• _ABOUT THIS TASK_: Each line from the one containing "result ≡ look_of" through the last line of the material below is to be transcribed exactly, with nothing else included.

[PROVIDED DATA]

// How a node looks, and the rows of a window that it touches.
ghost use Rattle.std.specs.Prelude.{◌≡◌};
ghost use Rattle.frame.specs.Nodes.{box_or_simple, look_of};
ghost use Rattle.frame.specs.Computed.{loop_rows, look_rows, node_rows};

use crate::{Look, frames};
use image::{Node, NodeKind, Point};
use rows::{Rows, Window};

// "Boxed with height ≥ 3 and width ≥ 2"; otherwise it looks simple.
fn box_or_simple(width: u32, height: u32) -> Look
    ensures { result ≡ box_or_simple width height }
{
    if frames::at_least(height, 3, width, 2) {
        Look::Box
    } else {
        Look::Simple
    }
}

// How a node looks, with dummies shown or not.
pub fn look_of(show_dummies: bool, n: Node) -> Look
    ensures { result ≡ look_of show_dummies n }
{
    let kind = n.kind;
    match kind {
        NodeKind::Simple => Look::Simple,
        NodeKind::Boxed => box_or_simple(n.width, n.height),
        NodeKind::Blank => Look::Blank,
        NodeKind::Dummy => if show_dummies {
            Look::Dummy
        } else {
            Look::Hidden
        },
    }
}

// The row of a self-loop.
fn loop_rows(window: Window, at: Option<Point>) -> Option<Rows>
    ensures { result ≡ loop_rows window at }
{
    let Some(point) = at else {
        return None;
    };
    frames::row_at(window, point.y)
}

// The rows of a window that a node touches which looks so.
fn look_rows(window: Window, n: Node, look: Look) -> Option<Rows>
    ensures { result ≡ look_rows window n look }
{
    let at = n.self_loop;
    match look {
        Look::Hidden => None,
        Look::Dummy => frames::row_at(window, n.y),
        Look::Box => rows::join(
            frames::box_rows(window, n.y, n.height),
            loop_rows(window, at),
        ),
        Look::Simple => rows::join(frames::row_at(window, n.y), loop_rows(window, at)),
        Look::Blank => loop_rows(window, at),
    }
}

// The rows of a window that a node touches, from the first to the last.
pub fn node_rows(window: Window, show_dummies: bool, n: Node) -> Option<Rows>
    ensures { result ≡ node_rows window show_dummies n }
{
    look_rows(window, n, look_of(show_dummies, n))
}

[/PROVIDED DATA]

• _SOLUTION FOR THIS PROBLEM_:
    ensures { result ≡ look_of show_dummies n }
{
    let kind = n.kind;
    match kind {
        NodeKind::Simple => Look::Simple,
        NodeKind::Boxed => box_or_simple(n.width, n.height),
        NodeKind::Blank => Look::Blank,
        NodeKind::Dummy => if show_dummies {
            Look::Dummy
        } else {
            Look::Hidden
        },
    }
}

// The row of a self-loop.
fn loop_rows(window: Window, at: Option<Point>) -> Option<Rows>
    ensures { result ≡ loop_rows window at }
{
    let Some(point) = at else {
        return None;
    };
    frames::row_at(window, point.y)
}

// The rows of a window that a node touches which looks so.
fn look_rows(window: Window, n: Node, look: Look) -> Option<Rows>
    ensures { result ≡ look_rows window n look }
{
    let at = n.self_loop;
    match look {
        Look::Hidden => None,
        Look::Dummy => frames::row_at(window, n.y),
        Look::Box => rows::join(
            frames::box_rows(window, n.y, n.height),
            loop_rows(window, at),
        ),
        Look::Simple => rows::join(frames::row_at(window, n.y), loop_rows(window, at)),
        Look::Blank => loop_rows(window, at),
    }
}

// The rows of a window that a node touches, from the first to the last.
pub fn node_rows(window: Window, show_dummies: bool, n: Node) -> Option<Rows>
    ensures { result ≡ node_rows window show_dummies n }
{
    look_rows(window, n, look_of(show_dummies, n))
}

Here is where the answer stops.